■ **Task details**: Search the lines of the records for the word "entries", and copy every line that has it.

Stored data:
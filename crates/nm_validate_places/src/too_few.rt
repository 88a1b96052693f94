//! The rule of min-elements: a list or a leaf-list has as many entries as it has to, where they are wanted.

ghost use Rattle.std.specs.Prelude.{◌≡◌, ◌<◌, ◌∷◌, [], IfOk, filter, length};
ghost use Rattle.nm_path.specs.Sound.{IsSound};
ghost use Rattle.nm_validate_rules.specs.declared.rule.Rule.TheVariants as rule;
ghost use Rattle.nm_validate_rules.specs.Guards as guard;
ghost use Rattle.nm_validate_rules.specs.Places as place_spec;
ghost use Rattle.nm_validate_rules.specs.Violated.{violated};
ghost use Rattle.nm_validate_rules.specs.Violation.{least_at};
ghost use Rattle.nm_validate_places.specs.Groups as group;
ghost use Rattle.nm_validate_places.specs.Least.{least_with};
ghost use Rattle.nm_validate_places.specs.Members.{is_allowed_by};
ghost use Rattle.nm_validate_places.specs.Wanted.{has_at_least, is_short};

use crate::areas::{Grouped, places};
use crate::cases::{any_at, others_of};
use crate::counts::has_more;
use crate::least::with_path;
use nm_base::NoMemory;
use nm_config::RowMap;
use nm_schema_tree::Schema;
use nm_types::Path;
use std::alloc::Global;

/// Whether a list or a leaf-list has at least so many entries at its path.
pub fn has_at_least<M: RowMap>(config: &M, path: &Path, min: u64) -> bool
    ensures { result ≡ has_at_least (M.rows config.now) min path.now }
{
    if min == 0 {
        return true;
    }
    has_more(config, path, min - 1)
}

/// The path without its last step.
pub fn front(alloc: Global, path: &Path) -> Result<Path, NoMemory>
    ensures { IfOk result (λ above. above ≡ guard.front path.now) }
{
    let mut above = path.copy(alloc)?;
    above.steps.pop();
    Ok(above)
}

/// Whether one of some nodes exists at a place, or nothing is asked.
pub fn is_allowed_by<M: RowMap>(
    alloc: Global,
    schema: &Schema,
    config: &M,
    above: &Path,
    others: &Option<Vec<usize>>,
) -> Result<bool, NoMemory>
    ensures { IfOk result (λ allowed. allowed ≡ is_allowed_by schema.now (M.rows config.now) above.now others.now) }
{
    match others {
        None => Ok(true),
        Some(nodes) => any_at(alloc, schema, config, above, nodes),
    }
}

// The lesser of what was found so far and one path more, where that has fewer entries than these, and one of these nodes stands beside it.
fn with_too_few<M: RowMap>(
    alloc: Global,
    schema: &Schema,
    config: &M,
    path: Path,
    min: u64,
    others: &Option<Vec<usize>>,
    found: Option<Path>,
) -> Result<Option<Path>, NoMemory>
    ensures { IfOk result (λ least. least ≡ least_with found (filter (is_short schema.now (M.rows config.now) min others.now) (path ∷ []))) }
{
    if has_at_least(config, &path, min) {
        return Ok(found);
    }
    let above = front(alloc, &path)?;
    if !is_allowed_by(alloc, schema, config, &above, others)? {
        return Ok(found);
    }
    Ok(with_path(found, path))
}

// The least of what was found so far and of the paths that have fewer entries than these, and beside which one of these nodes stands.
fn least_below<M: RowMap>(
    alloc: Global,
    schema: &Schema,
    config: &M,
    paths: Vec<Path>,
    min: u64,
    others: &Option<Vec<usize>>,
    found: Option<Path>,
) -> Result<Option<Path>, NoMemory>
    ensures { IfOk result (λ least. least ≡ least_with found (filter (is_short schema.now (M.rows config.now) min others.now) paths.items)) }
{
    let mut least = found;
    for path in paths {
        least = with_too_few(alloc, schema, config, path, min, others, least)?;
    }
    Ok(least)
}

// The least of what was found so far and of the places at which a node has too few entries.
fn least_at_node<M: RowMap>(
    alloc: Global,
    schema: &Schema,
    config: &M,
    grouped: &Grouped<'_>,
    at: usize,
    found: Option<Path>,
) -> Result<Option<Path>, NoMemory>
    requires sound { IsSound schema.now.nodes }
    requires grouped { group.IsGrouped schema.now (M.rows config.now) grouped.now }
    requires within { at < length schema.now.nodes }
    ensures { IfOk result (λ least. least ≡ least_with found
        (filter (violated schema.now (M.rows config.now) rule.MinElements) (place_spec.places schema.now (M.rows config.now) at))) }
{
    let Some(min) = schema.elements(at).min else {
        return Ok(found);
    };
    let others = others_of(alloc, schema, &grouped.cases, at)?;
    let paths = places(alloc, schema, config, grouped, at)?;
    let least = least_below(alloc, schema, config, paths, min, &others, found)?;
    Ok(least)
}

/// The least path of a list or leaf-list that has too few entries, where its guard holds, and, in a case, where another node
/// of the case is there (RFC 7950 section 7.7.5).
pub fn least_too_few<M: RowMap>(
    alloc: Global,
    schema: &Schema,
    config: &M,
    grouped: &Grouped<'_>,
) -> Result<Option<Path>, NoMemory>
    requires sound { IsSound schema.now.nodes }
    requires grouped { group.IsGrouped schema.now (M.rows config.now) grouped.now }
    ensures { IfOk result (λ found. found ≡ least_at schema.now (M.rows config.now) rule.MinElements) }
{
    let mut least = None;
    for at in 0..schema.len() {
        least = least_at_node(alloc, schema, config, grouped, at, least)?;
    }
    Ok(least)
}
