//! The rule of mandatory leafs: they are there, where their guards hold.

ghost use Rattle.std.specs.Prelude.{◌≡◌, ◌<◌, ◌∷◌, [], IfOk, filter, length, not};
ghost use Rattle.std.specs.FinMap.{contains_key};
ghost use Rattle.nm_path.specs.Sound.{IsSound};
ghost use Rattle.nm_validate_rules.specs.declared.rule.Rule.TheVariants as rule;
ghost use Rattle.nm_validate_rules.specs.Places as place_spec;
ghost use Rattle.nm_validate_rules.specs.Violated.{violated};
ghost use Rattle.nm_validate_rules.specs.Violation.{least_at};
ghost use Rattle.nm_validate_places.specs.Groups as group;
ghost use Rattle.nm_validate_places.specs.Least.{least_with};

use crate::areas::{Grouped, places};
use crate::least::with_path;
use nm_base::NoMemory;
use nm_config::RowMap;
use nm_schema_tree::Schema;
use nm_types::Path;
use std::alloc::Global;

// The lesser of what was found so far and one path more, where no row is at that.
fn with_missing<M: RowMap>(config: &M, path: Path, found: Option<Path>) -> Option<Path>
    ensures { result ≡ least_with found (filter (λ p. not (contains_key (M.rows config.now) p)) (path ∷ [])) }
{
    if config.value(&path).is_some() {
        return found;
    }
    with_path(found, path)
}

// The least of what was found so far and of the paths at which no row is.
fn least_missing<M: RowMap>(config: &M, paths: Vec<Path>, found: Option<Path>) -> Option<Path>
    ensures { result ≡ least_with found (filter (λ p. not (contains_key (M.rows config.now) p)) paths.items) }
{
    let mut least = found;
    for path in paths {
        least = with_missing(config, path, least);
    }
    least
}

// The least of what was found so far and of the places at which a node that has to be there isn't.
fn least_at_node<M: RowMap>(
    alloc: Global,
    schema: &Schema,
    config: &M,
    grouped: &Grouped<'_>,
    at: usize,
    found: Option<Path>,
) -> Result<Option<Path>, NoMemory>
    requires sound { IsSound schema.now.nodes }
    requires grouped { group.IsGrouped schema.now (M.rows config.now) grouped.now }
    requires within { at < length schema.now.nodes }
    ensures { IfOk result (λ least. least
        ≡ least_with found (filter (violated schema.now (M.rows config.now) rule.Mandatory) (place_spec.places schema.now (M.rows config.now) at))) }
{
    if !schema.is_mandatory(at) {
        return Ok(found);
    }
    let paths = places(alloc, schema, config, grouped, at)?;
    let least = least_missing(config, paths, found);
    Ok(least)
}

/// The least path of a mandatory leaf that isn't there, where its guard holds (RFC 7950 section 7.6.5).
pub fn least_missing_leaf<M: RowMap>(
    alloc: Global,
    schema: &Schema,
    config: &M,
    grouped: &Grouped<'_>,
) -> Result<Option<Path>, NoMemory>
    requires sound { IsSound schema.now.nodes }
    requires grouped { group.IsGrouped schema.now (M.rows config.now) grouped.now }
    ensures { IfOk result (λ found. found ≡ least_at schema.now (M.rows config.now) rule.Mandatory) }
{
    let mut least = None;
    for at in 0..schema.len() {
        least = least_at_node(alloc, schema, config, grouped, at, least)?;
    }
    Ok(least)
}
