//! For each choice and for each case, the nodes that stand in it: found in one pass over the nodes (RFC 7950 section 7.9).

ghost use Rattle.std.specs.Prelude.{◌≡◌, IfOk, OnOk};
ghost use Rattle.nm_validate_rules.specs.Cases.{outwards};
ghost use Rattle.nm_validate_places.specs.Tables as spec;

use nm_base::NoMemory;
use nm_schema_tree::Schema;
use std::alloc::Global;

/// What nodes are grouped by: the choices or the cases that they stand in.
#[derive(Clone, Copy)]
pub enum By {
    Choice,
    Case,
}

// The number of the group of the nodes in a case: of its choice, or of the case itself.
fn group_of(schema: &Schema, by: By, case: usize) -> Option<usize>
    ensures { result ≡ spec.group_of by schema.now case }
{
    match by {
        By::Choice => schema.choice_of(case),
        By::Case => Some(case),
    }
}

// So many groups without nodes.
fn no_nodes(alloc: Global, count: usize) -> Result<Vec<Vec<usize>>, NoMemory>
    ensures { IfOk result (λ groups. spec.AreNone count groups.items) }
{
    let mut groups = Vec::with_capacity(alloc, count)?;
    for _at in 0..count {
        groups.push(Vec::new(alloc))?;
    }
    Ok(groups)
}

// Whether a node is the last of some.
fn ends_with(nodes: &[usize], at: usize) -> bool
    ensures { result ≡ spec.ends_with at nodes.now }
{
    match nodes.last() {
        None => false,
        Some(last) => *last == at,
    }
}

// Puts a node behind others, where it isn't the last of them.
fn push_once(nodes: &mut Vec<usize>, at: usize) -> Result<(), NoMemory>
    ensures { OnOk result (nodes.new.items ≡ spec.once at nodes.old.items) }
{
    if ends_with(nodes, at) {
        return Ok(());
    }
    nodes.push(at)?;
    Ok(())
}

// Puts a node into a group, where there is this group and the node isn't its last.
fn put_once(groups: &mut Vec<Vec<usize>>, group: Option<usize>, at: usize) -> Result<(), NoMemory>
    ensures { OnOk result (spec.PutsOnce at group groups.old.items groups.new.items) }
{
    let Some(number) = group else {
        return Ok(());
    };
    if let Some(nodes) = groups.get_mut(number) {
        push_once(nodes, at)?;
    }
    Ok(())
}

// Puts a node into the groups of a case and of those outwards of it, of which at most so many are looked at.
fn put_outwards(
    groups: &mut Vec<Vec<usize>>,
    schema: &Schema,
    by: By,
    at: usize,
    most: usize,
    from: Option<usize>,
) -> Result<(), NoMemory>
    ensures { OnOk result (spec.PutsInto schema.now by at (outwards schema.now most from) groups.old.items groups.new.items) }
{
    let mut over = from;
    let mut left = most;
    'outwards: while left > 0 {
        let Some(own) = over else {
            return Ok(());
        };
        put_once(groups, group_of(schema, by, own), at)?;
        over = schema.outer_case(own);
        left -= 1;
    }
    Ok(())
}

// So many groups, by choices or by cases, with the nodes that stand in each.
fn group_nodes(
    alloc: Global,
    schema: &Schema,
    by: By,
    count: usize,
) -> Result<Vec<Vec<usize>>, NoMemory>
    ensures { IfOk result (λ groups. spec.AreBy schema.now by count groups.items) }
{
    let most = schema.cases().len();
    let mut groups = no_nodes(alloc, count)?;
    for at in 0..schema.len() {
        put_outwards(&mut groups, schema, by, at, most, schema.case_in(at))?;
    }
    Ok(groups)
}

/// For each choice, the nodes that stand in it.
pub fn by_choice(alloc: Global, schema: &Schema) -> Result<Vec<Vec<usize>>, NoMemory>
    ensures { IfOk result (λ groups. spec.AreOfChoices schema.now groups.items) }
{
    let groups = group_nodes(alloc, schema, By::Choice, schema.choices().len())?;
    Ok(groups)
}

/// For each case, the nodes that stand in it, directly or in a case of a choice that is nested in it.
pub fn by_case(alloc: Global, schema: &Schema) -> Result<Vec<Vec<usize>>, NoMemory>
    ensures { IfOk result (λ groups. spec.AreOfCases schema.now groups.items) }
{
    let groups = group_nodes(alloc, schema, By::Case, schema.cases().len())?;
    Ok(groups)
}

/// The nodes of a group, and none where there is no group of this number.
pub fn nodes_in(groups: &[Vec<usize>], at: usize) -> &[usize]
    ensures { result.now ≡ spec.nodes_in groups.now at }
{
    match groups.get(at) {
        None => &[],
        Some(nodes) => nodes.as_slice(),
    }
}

■ **Problem solution**:
//! The rule of min-elements: a list or a leaf-list has as many entries as it has to, where they are wanted.
/// Whether a list or a leaf-list has at least so many entries at its path.
// The lesser of what was found so far and one path more, where that has fewer entries than these, and one of these nodes stands beside it.
// The least of what was found so far and of the paths that have fewer entries than these, and beside which one of these nodes stands.
// The least of what was found so far and of the places at which a node has too few entries.
/// The least path of a list or leaf-list that has too few entries, where its guard holds, and, in a case, where another node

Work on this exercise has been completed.